Background: The possible effect of preanalytical conditions such as blood sample preparation and handling on TIMP-1 levels in blood needs thorough investigation. Materials and methods: Blood was collected in dry tubes and tubes containing EDTA and kept at 4degreesC or 20degreesC for 1, 4, 8, 24 or 72 hours before processing into serum or EDTA plasma. in addition, serum and EDTA plasma samples were frozen and thawed 1-8 times. TIMP-1 was measured by ELISA. Results: Time to processing for up to 72 hours did not significantly affect TIMP-1 levels in serum. In EDTA plasma, TIMP-1 levels were stable for up to eight hours; however, if samples were kept for 24 hours or longer the TIMP-1 levels increased (p<0.0001). Repeated freezing and thawing had a significant effect on TIMP-1 levels in serum (p=0.04).
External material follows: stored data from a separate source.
//! Taking the lines of a solution text, one after the other.
ghost use Rattle.std.specs.Prelude.{◌≡◌, ◌⊎◌, ◌∷◌, List, codes, Err};
ghost use Rattle.dmf_state.specs.declared.arc.Arc.{Arc};
ghost use Rattle.dmf_text.specs.declared.fault.SolutionFaultKind.TheVariants.{NoMemory};
ghost use Rattle.dmf_text.specs.Fields.{fields};
ghost use Rattle.dmf_text.specs.Solution.{Facts, judged, judged_value, judged_flow, ended};
ghost use Rattle.dmf_text.specs.SolutionReading.{Keeps, TakesSolutionLine};

use crate::digits::number;
use crate::exact_fields::one_field;
use crate::fault::SolutionFaultKind;
use crate::field::Fields;
use crate::numbers::three_numbers;
use crate::pairs::{PairTable, pair_of};
use dmf_state::State;
use std::alloc::{AllocError, Global};

/// What the lines of a solution text say so far.
#[derive(Drop)]
pub(crate) struct SolutionReading<'a> {
    pairs: PairTable<'a>,
    value: Option<u64>,
    /// The number of flow lines so far, which guesses the arc of the next line, since lines mostly come in arc order.
    flow_count: usize,
}

impl<'a> SolutionReading<'a> {
    ghost use Rattle.std.specs.Prelude.{IfOk, None, []};

    /// The reading before the first line. Takes memory for the pairs of the network.
    pub(crate) fn new(alloc: Global, state: &'a State) -> Result<SolutionReading<'a>, AllocError>
        ensures { IfOk result (Keeps state.now.network.arcs (record { value = None; flows = [] })) }
    {
        let pairs = PairTable::of_arcs(alloc, state.arcs())?;
        Ok(SolutionReading {
            pairs,
            value: None,
            flow_count: 0,
        })
    }

    /// Takes the next line. Fails with its fault.
    pub(crate) fn take_line(&mut self, line: &[u8]) -> Result<(), SolutionFaultKind>
        ensures { (arcs : List Arc) (facts : Facts) → Keeps arcs facts self.old
            → TakesSolutionLine arcs facts (fields line.now) (judged arcs facts (fields line.now)) self.new result }
    {
        let mut behind = Fields::new(line);
        let Some(kind) = behind.next() else {
            return Ok(());
        };
        if kind == b"f".as_slice() {
            self.take_flow_line(behind)
        } else if kind == b"s".as_slice() {
            self.take_value_line(behind)
        } else if kind.starts_with(b"c") {
            Ok(())
        } else {
            Err(SolutionFaultKind::UnknownLine)
        }
    }

    /// Takes a value line. These are the fields after its first.
    #[tactic(auto, unfolding(crate::specs::Solution::judged_value))]
    fn take_value_line(&mut self, behind: Fields<'_>) -> Result<(), SolutionFaultKind>
        ensures { (arcs : List Arc) (facts : Facts) → Keeps arcs facts self.old
            → TakesSolutionLine arcs facts (codes "s" ∷ behind.entry) (judged_value facts behind.entry) self.new result }
    {
        if self.value.is_some() {
            return Err(SolutionFaultKind::SecondValue);
        }
        self.value = Some(number(one_field(behind)?)?);
        Ok(())
    }

    /// Takes a flow line. These are the fields after its first.
    #[tactic(auto, unfolding(crate::specs::Solution::judged_flow))]
    fn take_flow_line(&mut self, behind: Fields<'_>) -> Result<(), SolutionFaultKind>
        ensures { (arcs : List Arc) (facts : Facts) → Keeps arcs facts self.old
            → TakesSolutionLine arcs facts (codes "f" ∷ behind.entry) (judged_flow arcs facts behind.entry) self.new result }
    {
        let (tail, head, flow) = three_numbers(behind)?;
        let Some(pair) = pair_of(tail, head) else {
            return Err(SolutionFaultKind::NoSuchPair);
        };
        let guess = self.flow_count;
        self.flow_count = self.flow_count.wrapping_add(1);
        self.pairs.add_flow(pair, flow, guess)
    }

    /// The state that the lines stand for at the end of the text: the network of `state`, with the flows of the lines.
    #[tactic(auto, unfolding(crate::specs::Solution::ended))]
    pub(crate) fn finish(self, alloc: Global, state: &State) -> Result<State, SolutionFaultKind>
        ensures { (facts : Facts) → Keeps state.now.network.arcs facts self.entry → (result ≡ Err NoMemory) ⊎ (result ≡ ended state.now facts) }
    {
        let SolutionReading { pairs, value, .. } = self;
        let Some(value) = value else {
            return Err(SolutionFaultKind::ValueMissing);
        };
        let flows = pairs.put_on(alloc, state.arcs())?;
        let solution = state.with_flows(alloc, flows)?;
        if solution.value() != value {
            return Err(SolutionFaultKind::ValueDiffers);
        }
        Ok(solution)
    }
}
In plasma, repeated freezing and thawing for up to six times did not influence TIMP-1. However, in plasma samples exposed to seven or eight freeze/thaw cycles TIMP-1 levels decreased, although not significantly (p=0.23). Conclusions: Handling and processing of blood samples is crucial for TIMP-1 measurement by immunoassay. In serum, TIMP-1 levels are unaffected by time to processing. Plasma samples should be processed within eight hours to avoid a TIMP-1 increase. For the measurement of TIMP-1 in archival material, serum should not be used because TIMP-1 levels are significantly affected by repeated freezing and thawing; archival plasma can readily be used provided that samples have not been frozen and thawed more than six times.